5 Second Summary
Marketing leads (and your marketing efforts) are worthless until those leads convert to happy clients and profitable revenue. Own your leads and control their destiny.
2 Minute Version
A marketing agency owner was complaining about how his firm got fired by a client after delivering what he felt were great results. When I asked about measurement (no surprise), he bragged about all the calls and web forms his efforts were delivering each month. How about clients and revenue? “That’s not my job,” was his response. And now we know why he was fired.

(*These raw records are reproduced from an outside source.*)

// The lines of messages and of a wrong piece.
ghost use Rattle.std.specs.Prelude.{◌≡◌, ◌++◌, OnOk};
ghost use Rattle.frame_run.specs.Lines.{bad_line, fault_name, message_line};

use crate::hex::{put, put_bytes};
use event_text::put_number;
use frame_io::{BadFrame, Message};
use rent_buf::OutOfMemory;

/// Appends the line of a message.
pub(crate) fn put_message(message: &Message, out: &mut Vec<u8>) -> Result<(), OutOfMemory>
    ensures { OnOk result (out.new.items ≡ out.old.items ++ message_line message.now) }
{
    put(b"message ", out)?;
    put_number(u64::from(message.channel), out)?;
    put(b" ", out)?;
    put_bytes(message.bytes.as_slice(), out)?;
    put(b"\n", out)
}

/// Appends the line of a wrong piece.
pub(crate) fn put_bad(offset: u64, bad: BadFrame, out: &mut Vec<u8>) -> Result<(), OutOfMemory>
    ensures { OnOk result (out.new.items ≡ out.old.items ++ bad_line offset bad) }
{
    put(b"bad ", out)?;
    put_number(offset, out)?;
    put(b" ", out)?;
    put(name_of(bad), out)?;
    put(b"\n", out)
}

// The name of what is wrong with a piece.
fn name_of(bad: BadFrame) -> &'static [u8]
    ensures { result.now ≡ fault_name bad }
{
    match bad {
        BadFrame::Number => b"Number",
        BadFrame::Large => b"Large",
        BadFrame::Flag => b"Flag",
        BadFrame::Channels => b"Channels",
        BadFrame::Long => b"Long",
        BadFrame::Cut => b"Cut",
    }
}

Whether you’re part of a marketing agency or corporate marketing team, your job can’t end when the phone rings. Marketing programs, generated leads, and your related efforts are worth nothing until those prospective clients become profitable clients. Rather than trying to point fingers at other teams like sales or service, you should own, or at least monitor your leads until new clients are implemented, invoiced, and satisfied.
Let’s assume we’re all great at generating awareness, interest, and leads. Here are four key business areas where marketing needs to have some influence after the lead handoff:
- Lead qualification and presale – “These leads are sh-t!” Buyers must be interested in your company, need your products/services, and be in the right position (budget, authority) to buy. If not, adjust your marketing approach and efforts to attract more relevant buyers.
- Sales pipeline management – Salespeople gravitate to the opportunities that make the most money. Closely monitor the sales pipeline to ensure that no lead lags behind, and provide the sales team support needed to make it easier for clients to buy – from collateral to contracts.
- Client management – the effort and communication through signed contract and onboarding sets the stage for the client’s long-term relationship. Marketing can help improve this experience while measuring ongoing satisfaction (think NPS®) to identify risks, reduce churn, and increase referrals.
- Results reporting – I like to own this process and be the one to report good and bad news. If you don’t own it, coordinate with sales, implementation, and support teams to report on the complete revenue continuum. Identify opportunities where marketing can help improve results.
Whether your goals are altruistic or selfish (like me), marketers must think beyond clicks and calls to ensure your marketing efforts generate profitable revenue from long-term client relationships. You don’t have to take over other people’s jobs, but you do need to participate in this team effort. If downstream processes or systems are causing issues that impact marketing results, speak up and drive improvement.